This is such an instructive story in how social media messes up discourse. Yes, fine-tuned shadow banning of stuff one does not like politically is BS (point taken, Musk). But promoting a bunch of randos with personal endorsement so they run important debates is also a very questionable service to democracy (see https://www.cip.uw.edu/2023/10/20/new-elites-twitter-x-most-...). Overreacting to some of the stuff that then floats to the top on the part of advertisers and commentators is again not right, but calling this reaction "blackmail" is probably a little over the top. So what have we learnt?
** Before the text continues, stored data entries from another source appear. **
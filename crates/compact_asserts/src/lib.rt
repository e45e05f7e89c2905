//! Assertions of tests: `assert_that!(&rt, value.is_empty())`.
//!
//! A written-out `assert!` is a way out of the test, and the proof follows it with all that the test owns there. A
//! call of `expect` is not, and names its line on failure.
#![tactic(auto)]

ghost use Rattle.std.specs.Prelude.{◌↔◌, IsTrue, IsSome, IsOk};

use std::fmt::Debug;

/// Returns `Some` if the condition holds.
pub fn that(holds: bool) -> Option<()>
    ensures { IsSome result ↔ IsTrue holds }
{
    if holds { Some(()) } else { None }
}

/// Returns `case` as an error, unless the condition holds.
pub fn that_for<C: Debug + Drop>(case: C, holds: bool) -> Result<(), C>
    ensures { IsOk result ↔ IsTrue holds }
{
    if holds { Ok(()) } else { Err(case) }
}

/// Returns both as an error, unless they are equal.
pub fn equal<T: PartialEq + Debug + Drop>(left: T, right: T) -> Result<(), (T, T)>
    ensures { IsOk result ↔ IsTrue (T.eq left right) }
{
    if left == right {
        Ok(())
    } else {
        Err((left, right))
    }
}

/// Asserts a condition.
#[macro_export]
macro_rules! assert_that {
    ($rt:expr, $holds:expr $(,)?) => {
        $crate::that($holds).expect($rt, "it holds")
    };
}

/// Asserts equality.
#[macro_export]
macro_rules! assert_equal {
    ($rt:expr, $left:expr, $right:expr $(,)?) => {
        $crate::equal($left, $right).expect($rt, "equal")
    };
}
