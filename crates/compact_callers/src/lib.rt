//! Callers of the library, as users write them. Each is proved from the contracts of the calls; only those under
//! `proofs/` need a proof file. `compact_callers_tests` runs them.
#![tactic(auto)]

pub mod adapted;
pub mod collect;
pub mod count;
pub mod cuts;
pub mod decode;
pub mod deref;
pub mod error;
pub mod field;
pub mod fields;
pub mod hole;
pub mod in_bytes;
pub mod iterator;
pub mod key;
pub mod lender;
pub mod lines_read;
pub mod lookup;
pub mod made;
pub mod name;
pub mod numbered;
pub mod one_error;
pub mod out;
pub mod packed;
pub mod part;
pub mod parts;
pub mod plain;
pub mod push;
pub mod range;
pub mod read;
pub mod removal;
pub mod report;
pub mod run;
pub mod shown;
pub mod sorted;
pub mod text;
pub mod token;
pub mod wire;
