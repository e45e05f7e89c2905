//! Splitting a text and formatting one. Each contract names the parts.
#![tactic(auto, using(compact_str::proofs::ForCallers::caller_facts, compact_str::proofs::PartFacts::part_facts))]

ghost use Rattle.std.specs.Prelude.{◌≡◌, ◌≢◌, ◌↔◌, ◌++◌, IfSome, OnOk, OnErr, IsTrue, Some, true, false, codes, decimal, slice_get, length, ◌==◌};
ghost use Rattle.std.specs.List.{slice_split};
ghost use Rattle.std.specs.Str.{trim};
ghost use Rattle.compact_str.specs.Text.{text_of, utf8};
ghost use Rattle.compact_str.specs.Ranges.{IsBetweenWhitespace};

use compact_str::{CompactString, ReserveError};

/// Counts the fields of a line, between the commas.
#[tactic(auto, using(compact_str::proofs::PartFacts::split_facts))]
pub fn field_count(line: &str) -> usize
    ensures { result ≡ length (slice_split (λ byte. byte == 44) line.now) }
{
    line.split(',').count()
}

/// Appends an address. Its contract joins from the right, as a formatter does.
#[tactic(auto, using(compact_str::proofs::ForCallers::caller_facts))]
pub fn append_address(
    line: &mut CompactString,
    scheme: &str,
    host: &CompactString,
    port: u16,
    path: &str,
) -> Result<(), ReserveError>
    ensures { OnOk result (line.new.text ≡ line.old.text ++ (text_of scheme.now ++ (codes "://"
        ++ (host.now.text ++ (codes ":" ++ (decimal port ++ (codes "/" ++ text_of path.now))))))) }
{
    let host = host.as_str();
    write!(line, "{scheme}://{host}:{port}/{path}")
}

/// Appends a request. The contract is in bytes, so no proof reads it as characters.
#[tactic(auto, using(compact_str::proofs::PartFacts::part_facts))]
pub fn append_request(
    line: &mut CompactString,
    method: &str,
    host: &CompactString,
    port: u16,
    path: &str,
) -> Result<(), ReserveError>
    ensures { OnOk result (utf8 line.new.text ≡ utf8 line.old.text ++ (method.now ++ (codes " "
        ++ (utf8 host.now.text ++ (codes ":" ++ (decimal port ++ (codes "/" ++ path.now))))))) }
{
    write!(line, "{method} {host}:{port}/{path}")
}

/// Appends a line of a list, or leaves the text unchanged.
#[tactic(auto, using(compact_str::proofs::PartFacts::part_facts))]
pub fn append_line(line: &mut CompactString, name: &str, count: u64) -> Result<(), ReserveError>
    ensures bytes { OnOk result (utf8 line.new.text
        ≡ utf8 line.old.text ++ (name.now ++ (codes ": " ++ (decimal count ++ codes "\n")))) }
    ensures unchanged { OnErr result (line.new ≡ line.old) }
{
    writeln!(line, "{name}: {count}")
}

/// Appends a text with its `Display`.
pub fn append_shown(line: &mut CompactString, text: &str) -> Result<(), ReserveError>
    ensures bytes { OnOk result (utf8 line.new.text ≡ utf8 line.old.text ++ text.now) }
    ensures unchanged { OnErr result (line.new ≡ line.old) }
{
    line.write(text)
}

/// Returns `true` if a word is `"abc"`.
#[tactic(auto, using(compact_str::proofs::PartFacts::literal_facts))]
pub fn is_abc(word: &CompactString) -> bool
    ensures { IsTrue result ↔ (word.now.text ≡ codes "abc") }
{
    word.as_str() == "abc"
}

/// Returns `true` if a word is not `"naïve"`.
#[tactic(auto, using(compact_str::proofs::PartFacts::literal_facts))]
pub fn is_not_naive(word: &CompactString) -> bool
    ensures { IsTrue result ↔ (word.now.text ≢ codes "naïve") }
{
    word.as_str() != "naïve"
}

/// Returns `true` if a header names the encoding of a body.
#[tactic(auto, using(compact_str::proofs::PartFacts::literal_facts))]
pub fn is_encoding_header(name: &CompactString) -> bool
    ensures { IsTrue result ↔ (name.now.text ≡ codes "content-transfer-encoding") }
{
    name.as_str() == "content-transfer-encoding"
}

/// Parses `yes` or `no`.
#[tactic(auto, using(compact_str::proofs::PartFacts::literal_facts))]
pub fn yes_or_no(word: &CompactString) -> Option<bool>
    ensures yes { result ≡ Some true ↔ (word.now.text ≡ codes "yes") }
    ensures no { result ≡ Some false ↔ (word.now.text ≡ codes "no") }
{
    match word.as_str() {
        "yes" => Some(true),
        "no" => Some(false),
        _ => None,
    }
}

/// Returns the first character of a line.
pub fn first_of(line: &CompactString) -> Option<char>
    ensures { result ≡ slice_get line.now.text 0 }
{
    line.chars().next()
}

/// Splits a `key=value` field.
pub fn key_and_value(field: &CompactString) -> Option<(&str, &str)>
    ensures { IfSome result (λ parts.
        field.now.text ≡ text_of parts.0.now ++ codes "=" ++ text_of parts.1.now) }
{
    field.split_once('=')
}

/// Splits a title at its section sign into number and name.
pub fn number_and_name(title: &CompactString) -> Option<(&str, &str)>
    ensures { IfSome result (λ parts.
        title.now.text ≡ text_of parts.0.now ++ codes "§" ++ text_of parts.1.now) }
{
    let at = title.find('§')?;
    Some((&title[..at], &title[at + '§'.len_utf8()..]))
}

/// Splits a `&str` at the first arrow.
pub fn sides_of_arrow(line: &str) -> Option<(&str, &str)>
    ensures { IfSome result (λ parts.
        text_of line.now ≡ text_of parts.0.now ++ codes "→" ++ text_of parts.1.now) }
{
    line.split_once('→')
}

/// Splits a `&str` at the first dash.
pub fn sides_of_dash(line: &str) -> Option<(&str, &str)>
    ensures { IfSome result (λ parts.
        text_of line.now ≡ text_of parts.0.now ++ codes "–" ++ text_of parts.1.now) }
{
    let at = line.find('–')?;
    Some((&line[..at], &line[at + '–'.len_utf8()..]))
}

/// Strips the mark from a name.
pub fn unmarked(name: &CompactString) -> Option<&str>
    ensures { IfSome result (λ rest. name.now.text ≡ codes "x-" ++ text_of rest.now) }
{
    name.strip_prefix("x-")
}

/// Trims white space from both ends.
pub fn trimmed(line: &CompactString) -> &str
    ensures text { IsBetweenWhitespace line.now.text (text_of result.now) }
    ensures bytes { result.now ≡ trim (utf8 line.now.text) }
{
    line.trim()
}

/// Returns the first two bytes of a line, if they end at a boundary.
pub fn first_two_bytes(line: &CompactString) -> &str {
    if line.is_char_boundary(2) {
        &line[..2]
    } else {
        ""
    }
}

/// Appends an address with all its parts.
#[tactic(auto, using(compact_str::proofs::PartFacts::long_write_facts))]
pub fn append_whole_address(
    line: &mut CompactString,
    scheme: &str,
    user: &str,
    password: &str,
    host: &CompactString,
    port: u16,
    path: &str,
    query: &str,
    fragment: &str,
) -> Result<(), ReserveError>
    ensures { OnOk result (line.new.text ≡ line.old.text ++ (text_of scheme.now ++ (codes "://"
        ++ (text_of user.now ++ (codes ":" ++ (text_of password.now ++ (codes "@" ++ (host.now.text
        ++ (codes ":" ++ (decimal port ++ (codes "/" ++ (text_of path.now ++ (codes "?"
        ++ (text_of query.now ++ (codes "#" ++ text_of fragment.now))))))))))))))) }
{
    // With values as holes, at most six prove.
    let host = host.as_str();
    write!(
        line,
        "{scheme}://{user}:{password}@{host}:{port}/{path}?{query}#{fragment}"
    )
}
Make time for reading paper books and sniffing the flowers sometimes maybe?
f30e3dfed1c9|2 years ago
Musk's present position is that he keeps saying and promoting repulsive stuff in public and so some advertisers prefer to stop supporting or being associated with his business. This isn't remotely like "blackmail": the repulsive stuff is all public to begin with.
kmlevitt|2 years ago
So he’s going to sue people for not advertising with him? How can anyone who says this kind of thing claim to believe in free markets, libertarianism or capitalism?
pr_nik2|2 years ago
unknown|2 years ago
[deleted]
drewcoo|2 years ago
It is compelling him to behave in an involuntary manner, thus coercion.
https://en.wikipedia.org/wiki/Coercion
Advertisers are attempting to gain benefit via coercion, so it is extortion.
https://en.wikipedia.org/wiki/Extortion
So far as we know, they are not threatening to air secrets, so it is not blackmail.
https://en.wikipedia.org/wiki/Blackmail
So it was a bad choice of language, but frankly it doesn't seem "incoherent," just off by a hair.
It also does not seem petulant, though telling advertisers to F themselves through that sneer of his certainly is.
> he keeps saying and promoting repulsive stuff
Yes, and the responses to him seem repulsive, too. Chicken? Egg? I don't care.